La mission de cet ambassadeur est notamment de susciter chez tous les employés de la chaîne hôtelière une prise de conscience des différents obstacles qui se posent à une personne handicapée qui souhaite séjourner dans un des hôtels de la chaîne. Notamment, des stages de formation du personnel ont été mis en place.

Chaque employé de la chaîne Scandic, du réceptionniste au cuisinier en passant par la femme de ménage et le manager ont ainsi suivi une formation, leur permettant de mieux cerner les besoins des personnes handicapées, en se déplaçant entre autres en fauteuil roulant une journée durant.
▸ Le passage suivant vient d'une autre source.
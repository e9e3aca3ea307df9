ghost use Rattle.std.specs.Prelude.{◌≡◌, ◌≤◌, ◌^◌};
ghost use Rattle.std.specs.VecDeque.{deque_len};
ghost use Rattle.farm_io.specs.Beside.{side};
ghost use Rattle.contest_server.specs.Lanes.{start_of, starts_of, visit_of, IsLane, AreLanes};
ghost use Rattle.farm_api.specs.Exchanges.{around_of};
ghost use Rattle.contest_server.specs.Visits.{watch, on_board, visit, IsAnswered};

use crate::bell::Bell;
use crate::public::Public;
use crate::service::{Service, Watches};
use case_run::Cases;
use contest_page::Shows;
use farm_api::{AccessOf, ConnEnd, ConnHow, Paths, serve_lane};
use farm_board::{Admission, Anyone, Board, Pass};
use farm_io::{Clock, Peer, Sink, Source};
use judge_feed::Naming;
use std::alloc::Global;
use std::collections::VecDeque;
use std::marker::PhantomData;
use std::snapshot::Snapshot;
use std::sync::Wait;
use std::thread::{Promise, PromisedHandle, Scope, Threads};

/// What a worker gives back: the connection and the pass, and how the connection ended.
#[derive(Drop)]
pub(crate) struct Served<N, P> {
    pub conn: N,
    pub pass: P,
    pub end: ConnEnd,
}

/// What a worker promises of the connection and the pass that it was given, by this clock and these cases, on the board
/// that is named.
pub(crate) struct Promised<N, P, C, Q, J> {
    pub came: Snapshot<N>,
    pub begun: Snapshot<P>,
    pub clock: Snapshot<C>,
    pub cases: Snapshot<Q>,
    pub of: PhantomData<J>,
}

impl<N, P, C, Q, J> Drop for Promised<N, P, C, Q, J> {
    fn drop(self) {
        let Self {
            came: _,
            begun: _,
            clock: _,
            cases: _,
            of: _,
        } = self;
    }
}

impl<N: Source + Sink + Peer, A: Admission, C: Clock, Q: Cases + Shows, J: Naming> Promise<
    Served<N, Pass<A>>,
> for Promised<N, Pass<A>, C, Q, J> {
    ghost kept_by = { λ p r. IsAnswered (on_board J.start (Q.case_at p.cases.value) (Q.shown p.cases.value)
        (watch N.left N.held N.Source.faults N.Sink.faults (around_of (C.shows p.clock.value) N.Peer.asks)))
        (visit p.came.value r.conn p.begun.value r.pass r.end.requests r.end.how) };
}

/// Serves a connection on a pass of its own, in this place, with a reader of what the public sees.
fn serve_one<W: Wait, A: Admission, C: Clock, Q: Cases + Shows, N: Source + Sink + Peer, J: Naming>(
    rt: &W,
    alloc: Global,
    paths: &Paths,
    board: &Board<Anyone, A>,
    clock: &C,
    cases: &Q,
    public: &Public<A, J>,
    bell: &Bell,
    place: usize,
    pass: Pass<A>,
    mut conn: N,
) -> Served<N, Pass<A>>
    requires board { pass.board ≡ board.now.id }
    requires named { board.now.id ≡ J.board }
    requires calls { 2 ^ 42 ≤ pass.left }
    requires source { (n : N) → N.Source.beside n ≡ side (N.held n) (N.Sink.faults n) }
    requires sink { (n : N) → N.Sink.beside n ≡ side (N.left n) (N.Source.faults n) }
    ensures answered { IsAnswered (on_board J.start (Q.case_at cases.now) (Q.shown cases.now)
        (watch N.left N.held N.Source.faults N.Sink.faults (around_of (C.shows clock.now) N.Peer.asks)))
        (visit conn result.conn pass result.pass result.end.requests result.end.how) }
{
    let Some(reader) = public.take_reader(rt, alloc) else {
        // There is a reader for each worker.
        let end = refuse(&mut conn);
        bell.ring(rt, place);
        return Served { conn, pass, end };
    };
    let mut access = AccessOf { pass, reader };
    let end = serve_lane(
        rt,
        alloc,
        paths,
        &mut access,
        board,
        cases,
        &public.feed,
        &mut conn,
        clock,
    );
    let AccessOf { pass, reader } = access;
    public.put_reader(rt, reader);
    bell.ring(rt, place);
    Served { conn, pass, end }
}

/// Ends a connection of which nothing was read.
fn refuse<N: Source + Sink + Peer>(conn: &mut N) -> ConnEnd
    ensures end { result ≡ record { requests = 0; how = ConnHow.NoMemory } }
    ensures left { N.left conn.new ≡ N.left conn.old }
    ensures held { N.held conn.new ≡ N.held conn.old }
    ensures reads { N.Source.faults conn.new ≡ N.Source.faults conn.old }
    ensures writes { N.Sink.faults conn.new ≡ N.Sink.faults conn.old }
{
    conn.finish(false);
    ConnEnd {
        requests: 0,
        how: ConnHow::NoMemory,
    }
}

/// A connection that is being served by a worker, or that was served.
#[derive(Drop)]
pub(crate) struct Lane<T, P: Promise<T>> {
    worker: Option<PromisedHandle<T, P>>,
    served: Option<T>,
    promise: Snapshot<P>,
}

/// A connection that is being served, by the types of its worker.
pub(crate) type Worker<N, A, C, Q, J> = Lane<Served<N, Pass<A>>, Promised<N, Pass<A>, C, Q, J>>;

/// Begins to serve a connection by a worker. Where none can be started, the caller serves it.
pub(crate) fn begin<
    's,
    E,
    W: Wait + Sync,
    A: Admission + Send + Sync,
    C: Clock + Sync,
    Q: Cases + Shows + Sync,
    N: Source + Sink + Peer + Send + Drop + 's,
    J: Naming + Send + Sync,
>(
    service: &Service<'s, W, A, C, Q, J>,
    scope: &Scope<'s, E>,
    place: usize,
    pass: Pass<A>,
    conn: N,
) -> Worker<N, A, C, Q, J>
    requires named { service.now.board.now.id ≡ J.board }
    requires board { pass.board ≡ service.now.board.now.id }
    requires calls { 2 ^ 42 ≤ pass.left }
    requires source { (n : N) → N.Source.beside n ≡ side (N.held n) (N.Sink.faults n) }
    requires sink { (n : N) → N.Sink.beside n ≡ side (N.left n) (N.Source.faults n) }
    ensures start { start_of result ≡ record { came = conn; begun = pass } }
    ensures lane { IsLane (⟦<Service<'s, W, A, C, Q, J> as Watches<N>>⟧.watched service.now)
        service.now.clock.now service.now.cases.now result }
{
    let Service {
        rt,
        alloc,
        paths,
        board,
        clock,
        cases,
        public,
        bell,
        workers: _,
        most: _,
    } = *service;
    let promise = Promised {
        came: Snapshot::of(&conn),
        begun: Snapshot::of(&pass),
        clock: Snapshot::of(clock),
        cases: Snapshot::of(cases),
        of: PhantomData,
    };
    let promised = Snapshot::of(&promise);
    let started = scope.spawn_with(
        promise,
        move || -> Served<N, Pass<A>>
            requires board { pass.board ≡ board.now.id }
            requires named { board.now.id ≡ J.board }
            requires calls { 2 ^ 42 ≤ pass.left }
            requires source { (n : N) → N.Source.beside n ≡ side (N.held n) (N.Sink.faults n) }
            requires sink { (n : N) → N.Sink.beside n ≡ side (N.left n) (N.Source.faults n) }
            ensures answered { IsAnswered (on_board J.start (Q.case_at cases.entry.now) (Q.shown cases.entry.now)
                (watch N.left N.held N.Source.faults N.Sink.faults (around_of (C.shows clock.entry.now) N.Peer.asks)))
                (visit conn result.conn pass result.pass result.end.requests result.end.how) }
        {
            serve_one(
                rt, alloc, paths, board, clock, cases, public, bell, place, pass, conn,
            )
        },
    );
    match started {
        Ok(handle) => Lane {
            worker: Some(handle),
            served: None,
            promise: promised,
        },
        Err(refused) => Lane {
            worker: None,
            served: Some((refused.value)()),
            promise: promised,
        },
    }
}

/// Waits until the connection was served.
pub(crate) fn end<
    's,
    R: Threads,
    N: Source + Sink + Peer + Drop,
    A: Admission,
    C: Clock,
    Q: Cases + Shows,
    J: Naming,
>(service: &Service<'s, R, A, C, Q, J>, lane: Worker<N, A, C, Q, J>) -> Served<N, Pass<A>>
    requires lane { IsLane (⟦<Service<'s, R, A, C, Q, J> as Watches<N>>⟧.watched service.now)
        service.now.clock.now service.now.cases.now lane }
    ensures answered { IsAnswered (⟦<Service<'s, R, A, C, Q, J> as Watches<N>>⟧.watched service.now)
        (visit_of (start_of lane) result) }
{
    let Lane {
        worker,
        served,
        promise: _,
    } = lane;
    if let Some(handle) = worker {
        return handle.join(service.rt);
    }
    let Some(served) = served else {
        // Where there is no worker, the connection was served.
        unreachable!()
    };
    served
}

/// Waits until the connection was served, and keeps what came of it: no thread is left.
pub(crate) fn settle<
    's,
    R: Threads,
    N: Source + Sink + Peer + Drop,
    A: Admission,
    C: Clock,
    Q: Cases + Shows,
    J: Naming,
>(service: &Service<'s, R, A, C, Q, J>, lane: &mut Worker<N, A, C, Q, J>)
    requires lane { IsLane (⟦<Service<'s, R, A, C, Q, J> as Watches<N>>⟧.watched service.now)
        service.now.clock.now service.now.cases.now lane.old }
    ensures start { start_of lane.new ≡ start_of lane.old }
    ensures lane { IsLane (⟦<Service<'s, R, A, C, Q, J> as Watches<N>>⟧.watched service.now)
        service.now.clock.now service.now.cases.now lane.new }
{
    if let Some(handle) = lane.worker.take() {
        lane.served = Some(handle.join(service.rt));
    }
}

/// Waits until the connection at this index was served.
pub(crate) fn settle_at<
    's,
    R: Threads,
    N: Source + Sink + Peer + Drop,
    A: Admission,
    C: Clock,
    Q: Cases + Shows,
    J: Naming,
>(service: &Service<'s, R, A, C, Q, J>, lanes: &mut VecDeque<Worker<N, A, C, Q, J>>, index: usize)
    requires lanes { AreLanes (⟦<Service<'s, R, A, C, Q, J> as Watches<N>>⟧.watched service.now)
        service.now.clock.now service.now.cases.now lanes.old.items }
    ensures starts { starts_of lanes.new.items ≡ starts_of lanes.old.items }
    ensures lanes { AreLanes (⟦<Service<'s, R, A, C, Q, J> as Watches<N>>⟧.watched service.now)
        service.now.clock.now service.now.cases.now lanes.new.items }
    ensures len { deque_len lanes.new ≡ deque_len lanes.old }
{
    if index < lanes.len() {
        settle(service, &mut lanes[index]);
    }
}

/// Whether the connection was served, and no thread is left.
pub(crate) fn is_settled<
    N: Source + Sink + Peer,
    A: Admission,
    C: Clock,
    Q: Cases + Shows,
    J: Naming,
>(lane: &Worker<N, A, C, Q, J>) -> bool {
    lane.worker.is_none()
}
Cela a par exemple fait prendre conscience aux femmes de ménage que l’endroit où elles plaçaient les serviettes de toilette ne pouvait pas être atteint d’un fauteuil roulant, ou aux cuisiniers que le buffet du restaurant de l’hôtel était placé trop haut.

De ces différentes prises de consciences ont émané un programme en 93 points, élaboré en collaboration avec les organisations de handicapés et les clients des hôtels. La plupart de ces points correspondent à des détails, qui comme le souligne Magnus Berglund, ne sont souvent pas très onéreux, mais facilitent grandement la mobilité des personnes handicapées.

Ainsi, les hôtels Scandic possèdent désormais des places de parking réservées aux personnes handicapées et sur lesquelles est peint en grands caractères un numéro de téléphone que ces personnes peuvent appeler au cas où elles auraient besoin d’assistance pour sortir de leur véhicule et se rendre à la réception, un bureau de réception plus bas que les autres, et adapté aux personnes en fauteuil roulant, ainsi que des « portes cannes » évitant à celles ci de glisser et de tomber, ce qui pose ensuite des problèmes aux personnes à mobilité réduite pour les rattraper, etc.

Un grand soin est également apporté à ce que la totalité de l’hôtel soit accessible à tous : installation de rampes d’accessibilités lorsque les dénivellations l’exigent, contrastes dans la couleur de la moquette signalant des escaliers, installation de bandes magnétiques destinées à faciliter le dialogue des personnes souffrant de déficiences auditives avec les réceptionnistes, ascenseurs spacieux, avec des touches disposées à un niveau accessibles par tous, traduites en braille, et annonçant de manière sonore les étages pour les aveugles, etc…

Hormis ces détails concernant les parties communes, chaque hôtel Scandic dispose désormais de chambres spécialement aménagées pour les personnes handicapées. Le Scandic Sergel Plazza en compte par exemple quatre, et l’Hôtel Anglais, le second hôtel Scandic de Stockholm, en compte vingt-trois, même si ces chambres peuvent être louées indistinctement à des personnes handicapées ou non.

Ces chambres sont de catégories 1 et coûtent le même prix qu’une chambre classique. Elles disposent toujours de lits jumeaux, dont l’inclinaison peut être réglée électroniquement, d’une salle de bain spécialement aménagée (portes savons placés plus bas, installation de rampes sur les toilettes, douches spacieuses…).
D’autres variantes par rapport aux chambres « classiques » rendent ces chambres plus adaptées aux besoins des personnes handicapées. Par exemple, les rideaux peuvent se fermer électriquement, par simple pression d’un bouton, la télé est fixée au mur afin de ne pas entraver la circulation en fauteuil dans la chambre, le niveau des portemanteaux et de la penderie est rabaissée de manière à ce qu’ils soient accessibles d’un fauteuil roulant.

Par ailleurs, les personnes allergiques peuvent commander des petits déjeuners spéciaux – par exemple sans gluten -, et les persones souffrant de déficiences auditive ont la possibilité de demander à la réception un réveil muni d’un capteur qui se place sous l’oreiller et emettant des vibrations, à l’heure souhaitée mais également en cas d’alarme incendie, système dont les hôtels Scandic sont les seuls à disposer.